# TO DO
Only one stretch of the records below is wanted: the lines from the one holding "fn node_number(state: NameState) -> u64" through the one holding "fn phase_at(run: &ViewedRun, at: usize)". Return it exactly, both ends included.

# Collected data entries
= Beginning of Section =

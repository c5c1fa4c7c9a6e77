//! Numbers of what is shown, and nodes and edges by them.

ghost use Rattle.std.specs.Prelude.{◌≡◌, ◌+◌, ◌<◌, ◌^◌, ◌++◌, length, OnOk, IfOk};
ghost use Rattle.std.specs.List.{flat_map, range_with_len};
ghost use Rattle.std.specs.Option.{option_copied, option_to_list};
ghost use Rattle.graph_rule.specs.Shown.{number_if, next_if, numbers_from, number_at, node_at, is_group, is_group_at, edge_to, edges_at, drawn_by};

use crate::marks::row_at;
use crate::whole::WholeGraph;
use answer_lines::graph_lines::{Graph, GraphEdge, GraphEdges, GraphNode, GraphNodes, NodeKind};
use std::alloc::{AllocError, Global};

// ---- numbers

fn number_if(shown: bool, next: u64) -> u64
    ensures { result ≡ number_if shown next }
{
    if shown { next } else { 0 }
}

fn next_if(shown: bool, next: u64) -> u64
    requires { next + 1 < 2 ^ 64 }
    ensures { result ≡ next_if shown next }
{
    if shown { next + 1 } else { next }
}

/// What is shown is numbered from 1, and the rest has 0.
pub(crate) fn numbers(alloc: Global, marks: &[bool]) -> Result<Vec<u64>, AllocError>
    ensures { IfOk result (λ numbers. numbers.items ≡ numbers_from 1 marks.now) }
{
    let mut numbers = Vec::new(alloc);
    let mut rest = marks;
    let _count = rest.len();
    let mut next = 1;
    'mark: loop {
        let [shown, more @ ..] = rest else {
            return Ok(numbers);
        };
        numbers.push(number_if(*shown, next))?;
        next = next_if(*shown, next);
        rest = more;
    }
}

fn number_at(numbers: &[u64], at: usize) -> u64
    ensures { result ≡ number_at numbers.now at }
{
    match numbers.get(at) {
        Some(number) => *number,
        None => 0,
    }
}

// ---- nodes

fn copy(alloc: Global, node: &GraphNode) -> Result<GraphNode, AllocError>
    ensures { IfOk result (λ copy. copy ≡ node.now) }
{
    Ok(GraphNode {
        kind: node.kind,
        phase: node.phase,
        state: node.state,
        number: node.number,
        name: node.name.copy(alloc)?,
    })
}

fn push_copy(
    alloc: Global,
    node: Option<&GraphNode>,
    out: &mut GraphNodes,
) -> Result<(), AllocError>
    ensures { OnOk result (out.new ≡ out.old ++ option_to_list (option_copied node.entry)) }
{
    match node {
        Some(node) => out.push(copy(alloc, node)?),
        None => Ok(()),
    }
}

/// Puts the node of a vertex after the others, where it is shown.
fn push_node(
    alloc: Global,
    nodes: &[GraphNode],
    numbers: &[u64],
    at: usize,
    out: &mut GraphNodes,
) -> Result<(), AllocError>
    ensures { OnOk result (out.new ≡ out.old ++ node_at nodes.now numbers.now at) }
{
    if number_at(numbers, at) == 0 {
        return Ok(());
    }
    push_copy(alloc, nodes.get(at), out)
}

/// The nodes that are shown.
fn nodes_shown(
    alloc: Global,
    nodes: &[GraphNode],
    numbers: &[u64],
) -> Result<GraphNodes, AllocError>
    ensures { IfOk result (λ out. out ≡ flat_map (node_at nodes.now numbers.now) (range_with_len 0 (length numbers.now))) }
{
    let mut out = GraphNodes::new(alloc);
    for at in 0..numbers.len() {
        push_node(alloc, nodes, numbers, at, &mut out)?;
    }
    Ok(out)
}

// ---- edges

fn is_group(kind: NodeKind) -> bool
    ensures { result ≡ is_group kind }
{
    match kind {
        NodeKind::Entry => false,
        NodeKind::Missing => false,
        NodeKind::Group => true,
    }
}

fn is_group_at(nodes: &[GraphNode], at: usize) -> bool
    ensures { result ≡ is_group_at nodes.now at }
{
    match nodes.get(at) {
        Some(node) => is_group(node.kind),
        None => false,
    }
}

/// Puts an edge after the others, where what it leads to is shown.
fn push_edge(
    numbers: &[u64],
    from: u64,
    of_group: bool,
    at: usize,
    out: &mut GraphEdges,
) -> Result<(), AllocError>
    ensures { OnOk result (out.new ≡ out.old ++ edge_to numbers.now from of_group at) }
{
    let to = number_at(numbers, at);
    if to == 0 {
        return Ok(());
    }
    out.push(GraphEdge { from, to, of_group })
}

/// Puts the edges to these vertices after the others.
fn push_row(
    numbers: &[u64],
    from: u64,
    of_group: bool,
    row: &[usize],
    out: &mut GraphEdges,
) -> Result<(), AllocError>
    ensures { OnOk result (out.new ≡ out.old ++ flat_map (edge_to numbers.now from of_group) row.now) }
{
    for at in row {
        push_edge(numbers, from, of_group, *at, out)?;
    }
    Ok(())
}

/// Puts the edges from a vertex after the others, where it is shown.
fn push_edges(
    whole: &WholeGraph,
    numbers: &[u64],
    at: usize,
    out: &mut GraphEdges,
) -> Result<(), AllocError>
    ensures { OnOk result (out.new ≡ out.old ++ edges_at whole.now numbers.now at) }
{
    let from = number_at(numbers, at);
    if from == 0 {
        return Ok(());
    }
    let of_group = is_group_at(whole.nodes.as_slice(), at);
    push_row(
        numbers,
        from,
        of_group,
        row_at(whole.rows.as_slice(), at),
        out,
    )
}

/// The edges between what is shown.
fn edges_shown(alloc: Global, whole: &WholeGraph, numbers: &[u64]) -> Result<GraphEdges, AllocError>
    ensures { IfOk result (λ out. out ≡ flat_map (edges_at whole.now numbers.now) (range_with_len 0 (length numbers.now))) }
{
    let mut out = GraphEdges::new(alloc);
    for at in 0..numbers.len() {
        push_edges(whole, numbers, at, &mut out)?;
    }
    Ok(out)
}

/// What is shown, by its numbers.
pub(crate) fn drawn_by(
    alloc: Global,
    whole: &WholeGraph,
    numbers: &[u64],
) -> Result<Graph, AllocError>
    ensures { IfOk result (λ graph. graph ≡ drawn_by whole.now numbers.now) }
{
    Ok(Graph {
        nodes: nodes_shown(alloc, whole.nodes.as_slice(), numbers)?,
        edges: edges_shown(alloc, whole, numbers)?,
    })
}
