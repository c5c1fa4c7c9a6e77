//! The entries of the graph, in their order.

ghost use Rattle.std.specs.Prelude.{◌≡◌, ◌++◌, filter, length, IfOk, OnOk};
ghost use Rattle.std.specs.List.{filter_map, flat_map, range_with_len};
ghost use Rattle.std.specs.Option.{option_copied, option_to_list};
ghost use Rattle.hive_model.specs.Valid.{HoldsKeys};
ghost use Rattle.why_needs.specs.why_needs.Met.{entry_at};
ghost use Rattle.graph_rule.specs.Entries.{is_placed_at, begun_names, begun_at, unbegun, coming_names, all_names, in_plan, in_set, entry_named, entries_by, entries_in};

use crate::names::{first_names, names_of, push_names};
use boot_phases::service_entries::{Entries, Entry, entries};
use nt_bytes::{Names, Units};
use nt_names::name_places::NamePlaces;
use std::alloc::{AllocError, Global};
use why_needs::why_state::{PhaseView, ViewedRun, placed_of};

// ---- names phase by phase

/// Whether the last plan that has the name is that of the phase at a place.
fn is_placed_at(run: &ViewedRun, at: usize, name: &Units) -> bool
    ensures { result ≡ is_placed_at run.now at name.now }
{
    match placed_of(run, name.as_slice()) {
        Some((place, _)) => place == at,
        None => false,
    }
}

/// Those of the names whose last plan is that of the phase at a place.
fn placed_at(
    alloc: Global,
    run: &ViewedRun,
    at: usize,
    names: &[Units],
) -> Result<Names, AllocError>
    ensures { IfOk result (λ out. out ≡ filter (is_placed_at run.now at) names.now) }
{
    let mut out = Names::new(alloc);
    for name in names {
        if is_placed_at(run, at, name) {
            out.push(name.copy(alloc)?)?;
        }
    }
    Ok(out)
}

/// The names of a phase: first those that it attempted, and then its plan.
fn begun_names(
    alloc: Global,
    run: &ViewedRun,
    at: usize,
    view: &PhaseView,
) -> Result<Names, AllocError>
    ensures { IfOk result (λ names. names ≡ begun_names run.now at view.now) }
{
    let mut names = placed_at(alloc, run, at, run.tried.as_slice())?;
    let plan = placed_at(alloc, run, at, view.names.as_slice())?;
    push_names(alloc, plan.as_slice(), &mut names)?;
    Ok(names)
}

fn begun_at(alloc: Global, run: &ViewedRun, at: usize) -> Result<Names, AllocError>
    ensures { IfOk result (λ names. names ≡ begun_at run.now at) }
{
    match run.views.get(at) {
        Some(view) => begun_names(alloc, run, at, view),
        None => Ok(Names::new(alloc)),
    }
}

fn push_begun(alloc: Global, run: &ViewedRun, at: usize, out: &mut Names) -> Result<(), AllocError>
    ensures { OnOk result (out.new ≡ out.old ++ begun_at run.now at) }
{
    let names = begun_at(alloc, run, at)?;
    push_names(alloc, names.as_slice(), out)
}

/// The names of the phases that began.
fn all_begun(alloc: Global, run: &ViewedRun) -> Result<Names, AllocError>
    ensures { IfOk result (λ names. names ≡ flat_map (begun_at run.now) (range_with_len 0 (length run.now.views))) }
{
    let mut out = Names::new(alloc);
    for at in 0..run.views.len() {
        push_begun(alloc, run, at, &mut out)?;
    }
    Ok(out)
}

/// Puts what the phase of a number takes after the others, where it did not begin.
fn push_unbegun(
    alloc: Global,
    run: &ViewedRun,
    number: usize,
    names: &NamePlaces,
    out: &mut Names,
) -> Result<(), AllocError>
    ensures { OnOk result (out.new ≡ out.old ++ unbegun run.now number names.now) }
{
    if number < run.views.len() {
        return Ok(());
    }
    push_names(alloc, names.as_slice(), out)
}

/// Puts what the phases take after the others that did not begin.
fn push_coming(alloc: Global, run: &ViewedRun, out: &mut Names) -> Result<(), AllocError>
    ensures { OnOk result (out.new ≡ out.old ++ coming_names run.now) }
{
    push_unbegun(alloc, run, 0, &run.coming.boot, out)?;
    push_unbegun(alloc, run, 1, &run.coming.system, out)?;
    push_unbegun(alloc, run, 2, &run.coming.automatic, out)
}

/// The names phase by phase, and then those of all entries of the set.
fn all_names(alloc: Global, run: &ViewedRun, entries: &[Entry]) -> Result<Names, AllocError>
    ensures { IfOk result (λ names. names ≡ all_names run.now entries.now) }
{
    let mut names = all_begun(alloc, run)?;
    push_coming(alloc, run, &mut names)?;
    let listed = names_of(alloc, entries)?;
    push_names(alloc, listed.as_slice(), &mut names)?;
    Ok(names)
}

// ---- entries

fn entry_at(run: &ViewedRun, place: (usize, usize)) -> Option<&Entry>
    ensures { option_copied result ≡ entry_at run.now place }
{
    match run.views.get(place.0) {
        Some(view) => view.plan.get(place.1),
        None => None,
    }
}

/// The entry of the last plan that has the name.
fn in_plan<'a>(run: &'a ViewedRun, name: &[u16]) -> Option<&'a Entry>
    ensures { option_copied result ≡ in_plan run.now name.now }
{
    match placed_of(run, name) {
        Some(place) => entry_at(run, place),
        None => None,
    }
}

/// The entry of the set that has the name.
fn in_set<'a>(entries: &'a [Entry], names: &NamePlaces, name: &[u16]) -> Option<&'a Entry>
    ensures { option_copied result ≡ in_set entries.now names.now name.now }
{
    match names.place_of(name) {
        Some(at) => entries.get(at),
        None => None,
    }
}

fn entry_named<'a>(
    run: &'a ViewedRun,
    entries: &'a [Entry],
    names: &NamePlaces,
    name: &[u16],
) -> Option<&'a Entry>
    ensures { option_copied result ≡ entry_named run.now entries.now names.now name.now }
{
    match in_plan(run, name) {
        Some(entry) => Some(entry),
        None => in_set(entries, names, name),
    }
}

/// Puts the entry of a name after the others, where there is one.
fn push_named(
    alloc: Global,
    run: &ViewedRun,
    entries: &[Entry],
    names: &NamePlaces,
    name: &Units,
    out: &mut Entries,
) -> Result<(), AllocError>
    ensures { OnOk result (out.new ≡ out.old ++ option_to_list (entry_named run.now entries.now names.now name.now)) }
{
    match entry_named(run, entries, names, name.as_slice()) {
        Some(entry) => out.push(entry.copy(alloc)?),
        None => Ok(()),
    }
}

/// The entries of the names.
fn each_named(
    alloc: Global,
    run: &ViewedRun,
    entries: &[Entry],
    names: &NamePlaces,
    firsts: &[Units],
) -> Result<Entries, AllocError>
    ensures { IfOk result (λ out. out ≡ filter_map (entry_named run.now entries.now names.now) firsts.now) }
{
    let mut out = Entries::new(alloc);
    for name in firsts {
        push_named(alloc, run, entries, names, name, &mut out)?;
    }
    Ok(out)
}

/// The entries of the graph, where the set as it is in the end has these.
fn entries_by(alloc: Global, run: &ViewedRun, entries: &[Entry]) -> Result<Entries, AllocError>
    ensures { IfOk result (λ out. out ≡ entries_by run.now entries.now) }
{
    let firsts = first_names(alloc, all_names(alloc, run, entries)?)?;
    let names = NamePlaces::new(alloc, names_of(alloc, entries)?)?;
    each_named(alloc, run, entries, &names, firsts.as_slice())
}

/// The entries of the graph.
pub(crate) fn entries_in(alloc: Global, run: &ViewedRun) -> Result<Entries, AllocError>
    requires { HoldsKeys run.now.run.set }
    ensures { IfOk result (λ out. out ≡ entries_in run.now) }
{
    let table = entries(alloc, &run.run.set)?;
    let listed = table.into_entries(alloc)?;
    entries_by(alloc, run, listed.as_slice())
}
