//! What the graph says of an entry, of a name without one, and of a group.

ghost use Rattle.std.specs.Prelude.{◌≡◌, map, slice_get, IfOk};
ghost use Rattle.std.specs.Option.{option_map};
ghost use Rattle.why_needs.specs.declared.why_state.views.PhaseView.{PhaseView as View};
ghost use Rattle.graph_rule.specs.Nodes.{node_state, node_number, coming_phase, node_phase, named_node, entry_node, missing_node, group_node};

use answer_lines::graph_lines::{GraphNode, GraphNodes, NodeKind, NodeState};
use answer_lines::why_lines::NameState;
use boot_phases::boot_phases::Phase;
use boot_phases::service_entries::Entry;
use nt_bytes::Units;
use std::alloc::{AllocError, Global};
use why_needs::why_state::{ViewedRun, placed_of, state_of};

fn node_state(state: NameState) -> NodeState
    ensures { result ≡ node_state state }
{
    match state {
        NameState::NoPhase => NodeState::Untaken,
        NameState::Started(_) => NodeState::Started,
        NameState::Failed(_, _) => NodeState::Failed,
        NameState::Unmet => NodeState::Unmet,
        NameState::NotReached(_) => NodeState::NotReached,
        NameState::Late => NodeState::Untaken,
        NameState::NotTaken(_) => NodeState::Untaken,
    }
}

fn node_number(state: NameState) -> u64
    ensures { result ≡ node_number state }
{
    match state {
        NameState::Started(number) => number,
        NameState::Failed(number, _) => number,
        NameState::NoPhase => 0,
        NameState::Unmet => 0,
        NameState::NotReached(_) => 0,
        NameState::Late => 0,
        NameState::NotTaken(_) => 0,
    }
}

fn coming_phase(state: NameState) -> Option<Phase>
    ensures { result ≡ coming_phase state }
{
    match state {
        NameState::NotReached(phase) => Some(phase),
        NameState::NoPhase => None,
        NameState::Started(_) => None,
        NameState::Failed(_, _) => None,
        NameState::Unmet => None,
        NameState::Late => None,
        NameState::NotTaken(_) => None,
    }
}

fn phase_at(run: &ViewedRun, at: usize) -> Option<Phase>
    ensures { result ≡ option_map (λ (v : View). v.phase) (slice_get run.now.views at) }
{
    match run.views.get(at) {
        Some(view) => Some(view.phase),
        None => None,
    }
}

fn node_phase(run: &ViewedRun, name: &[u16], state: NameState) -> Option<Phase>
    ensures { result ≡ node_phase run.now name.now state }
{
    match placed_of(run, name) {
        Some((at, _)) => phase_at(run, at),
        None => coming_phase(state),
    }
}

fn named_node(
    alloc: Global,
    run: &ViewedRun,
    name: &Units,
    state: NameState,
) -> Result<GraphNode, AllocError>
    ensures { IfOk result (λ node. node ≡ named_node run.now name.now state) }
{
    Ok(GraphNode {
        kind: NodeKind::Entry,
        phase: node_phase(run, name.as_slice(), state),
        state: node_state(state),
        number: node_number(state),
        name: name.copy(alloc)?,
    })
}

fn entry_node(alloc: Global, run: &ViewedRun, entry: &Entry) -> Result<GraphNode, AllocError>
    ensures { IfOk result (λ node. node ≡ entry_node run.now entry.now) }
{
    named_node(
        alloc,
        run,
        &entry.name,
        state_of(run, entry.name.as_slice()),
    )
}

/// The nodes of entries.
pub(crate) fn entry_nodes(
    alloc: Global,
    run: &ViewedRun,
    entries: &[Entry],
) -> Result<GraphNodes, AllocError>
    ensures { IfOk result (λ nodes. nodes ≡ map (entry_node run.now) entries.now) }
{
    let mut nodes = GraphNodes::new(alloc);
    for entry in entries {
        nodes.push(entry_node(alloc, run, entry)?)?;
    }
    Ok(nodes)
}

/// A name without an entry.
pub(crate) fn missing_node(alloc: Global, name: &Units) -> Result<GraphNode, AllocError>
    ensures { IfOk result (λ node. node ≡ missing_node name.now) }
{
    Ok(GraphNode {
        kind: NodeKind::Missing,
        phase: None,
        state: NodeState::NoEntry,
        number: 0,
        name: name.copy(alloc)?,
    })
}

/// A group by its state.
pub(crate) fn group_node(
    alloc: Global,
    state: NodeState,
    name: &Units,
) -> Result<GraphNode, AllocError>
    ensures { IfOk result (λ node. node ≡ group_node state name.now) }
{
    Ok(GraphNode {
        kind: NodeKind::Group,
        phase: None,
        state,
        number: 0,
        name: name.copy(alloc)?,
    })
}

= End of Section =

# EXERCISE RESPONSE
fn node_number(state: NameState) -> u64
    ensures { result ≡ node_number state }
{
    match state {
        NameState::Started(number) => number,
        NameState::Failed(number, _) => number,
        NameState::NoPhase => 0,
        NameState::Unmet => 0,
        NameState::NotReached(_) => 0,
        NameState::Late => 0,
        NameState::NotTaken(_) => 0,
    }
}

fn coming_phase(state: NameState) -> Option<Phase>
    ensures { result ≡ coming_phase state }
{
    match state {
        NameState::NotReached(phase) => Some(phase),
        NameState::NoPhase => None,
        NameState::Started(_) => None,
        NameState::Failed(_, _) => None,
        NameState::Unmet => None,
        NameState::Late => None,
        NameState::NotTaken(_) => None,
    }
}

fn phase_at(run: &ViewedRun, at: usize) -> Option<Phase>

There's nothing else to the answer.